If you are going to use a few highly traied men in place of a vast mass citizen based army, you want those guys to be as motivated as you can. There is no evidence to support that Conscripts wont fight (fighting is mostly a function of survival, not a function of motivation). The volunteers are more inlcined to be positive on entry, and this makes them more "trainable". Volunteers tend to have greater cameraderie, and this makes them, as a group more dependable and resilient. But the difference between colunteers and conscripts is not the same question as the difference between a professional careeer army and a mass citizen based army.


----------



## drgondog (May 27, 2013)

Robert Heinlein - TANSTAFL..

There are no such things as free lunch..


----------



## buffnut453 (May 27, 2013)

oldcrowcv63 said:


> Just referring to the USA and its governing system.



That's fine...I was just thinking that, in the context of this discussion, the US should take a much greater interest in how the armed forces of allied nations are organized. If the US wants the rest of the world to shoulder more of the burden of international peacemaking/keeping, then it's in America's interest that the countries who seek to support that agenda are capable of doing so. The last thing you want is a situation where American lives are threatened because weak allies can't adequately complete their missions. There's no point the US deploying world-beating force if allies on the flanks aren't doing their jobs properly because the soldiers of that allied nation are conscripts and hence less likely to undertake robust patrolling action. We saw hints of that sort of thing during NATO's engagement in the Balkans and it wouldn't surprise me at all to learn that similar issues are encountered in Afghanistan today.


----------



## Tante Ju (May 27, 2013)

parsifal said:


> Mass armies with vast numbers of vbbadly trained men, mostly poor shots and hugely vulnerable targets is really an obsolete concept in modern warfare. The Germans spearheaded this concept in the last war, the idea of super trained, super motivated and super equipped men able to hold back vastly more numerous, but less efficient opponents. The germans failed in the finish, but not because the concept was faulty. they failed for other reasons.

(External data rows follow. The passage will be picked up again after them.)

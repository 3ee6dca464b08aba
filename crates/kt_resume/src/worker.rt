//! A worker is made again by the acts of its log.
//! Cited by leads.rt.

ghost use Rattle.std.specs.Prelude.{◌≡◌, ◌↔◌, IfOk, IfSome, IsTrue, Some, None};
ghost use Rattle.kt_script.specs.Asks.{asks};
ghost use Rattle.kt_history.specs.Closed.{acts_in_log};
ghost use Rattle.kt_tuple.specs.declared.node.NodeId.TheVariants as ids;
ghost use Rattle.kt_logs.specs.WorkerLog.{MadeWorker, WorkerLog, WorkerMakes, new_worker, worker_after, worker_of_acts};
ghost use Rattle.kt_model.specs.Like.{IsWorkerLike};

use kt_history::{Act, History, What};
use kt_script::Script;
use kt_tuple::{NodeId, Op};
use kt_worker::Worker;
use std::alloc::{AllocError, Global};

/// The worker of this name and script that made the acts of its log, one after the other from its first state; none
/// where it may not make one of them.
pub fn remake_worker(
    alloc: Global,
    script: &Script,
    name: u8,
    history: &History,
) -> Result<Option<Worker>, AllocError>
    ensures made { IfOk result (λ w. IfSome w (λ w. WorkerLog (asks script.now) name new_worker
        (acts_in_log history.now.notes (ids.Worker name)))) }
    ensures like { IfOk result (λ w. IfSome w (λ w. IsWorkerLike script.now
        (worker_of_acts new_worker (acts_in_log history.now.notes (ids.Worker name))) w)) }
    ensures none { IfOk result (λ w. w ≡ None → ¬ WorkerLog (asks script.now) name new_worker
        (acts_in_log history.now.notes (ids.Worker name))) }
{
    let mut worker = Worker::new(alloc, script)?;
    for number in history.line(NodeId::Worker(name)) {
        // Each number of a log is of an act.
        if let Some(act) = history.act(*number) {
            if !makes(alloc, script, name, &mut worker, act)? {
                drop(worker);
                return Ok(None);
            }
        }
    }
    Ok(Some(worker))
}

/// Has the worker make the act, and says whether it may.
fn makes(
    alloc: Global,
    script: &Script,
    name: u8,
    worker: &mut Worker,
    act: &Act,
) -> Result<bool, AllocError>
    ensures may { IfOk result (λ makes. (made : MadeWorker) → IsWorkerLike script.now made worker.old
        → IsTrue makes ↔ WorkerMakes (asks script.now) name made act.now) }
    ensures after { IfOk result (λ makes. (made : MadeWorker) → IsWorkerLike script.now made worker.old
        → IsTrue makes → IsWorkerLike script.now (worker_after made act.now) worker.new) }
{
    if act.worker != name {
        return Ok(false);
    }
    match &act.what {
        What::Issue => match worker.issue(alloc, script)? {
            Some((number, op)) => Ok(is_request(number, &op, act)),
            None => Ok(false),
        },
        What::Repeat => Ok(is_asked(worker, act)),
        What::Accepted(answer) => worker.hear(alloc, script, act.number, &act.op, answer),
        What::Ignored(Some(_)) => Ok(!is_asked(worker, act)),
        _ => Ok(false),
    }
}

/// Whether the worker waits for an answer to the request of the act.
fn is_asked(worker: &Worker, act: &Act) -> bool
    ensures { IsTrue result
        ↔ ((worker.now.number ≡ act.now.number) × (worker.now.asked ≡ Some act.now.op)) }
{
    match worker.again() {
        Some((number, op)) => is_request(number, op, act),
        None => false,
    }
}

/// Whether the act is about the request of this number and operation.
fn is_request(number: u64, op: &Op, act: &Act) -> bool
    ensures { IsTrue result ↔ ((number ≡ act.now.number) × (op.now ≡ act.now.op)) }
{
    number == act.number && *op == act.op
}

In fact the Prussian-German (French, Isreali etc.) army pioneered the concept of a reservist mass army (developed by Prussian Scharnhorst) of compulsory service demonstrated that conscription and professionalism does not rule each other out. The vast majority of the German army was always drafted, save a few services like U-boot. They were not super trained, super equipped, but sufficiently armed, still highly motivated and well lead both on tactical (NCO) and strategic (staff officier) level. Lessons learned on the battlefields were learned and employed. The composition was balanced - there was no weak spots to exploit for the enemy. 

Contrary to this concept, the Red Army demonstrated that vastly more numerous, but less efficient opponents can defeat a qualitatively superior army by maximum exploiting of superior numbers and the strategic opportunities presented thereof - exploiting them the same way revolutionary France and Napoleon did.

Both concepts of quality and quantity are therefore valid and were always were. But what was demonstrated since the French revolution over and over again is that a smaller, standing professional army cannot withstand the numbers of the _levee en masse_.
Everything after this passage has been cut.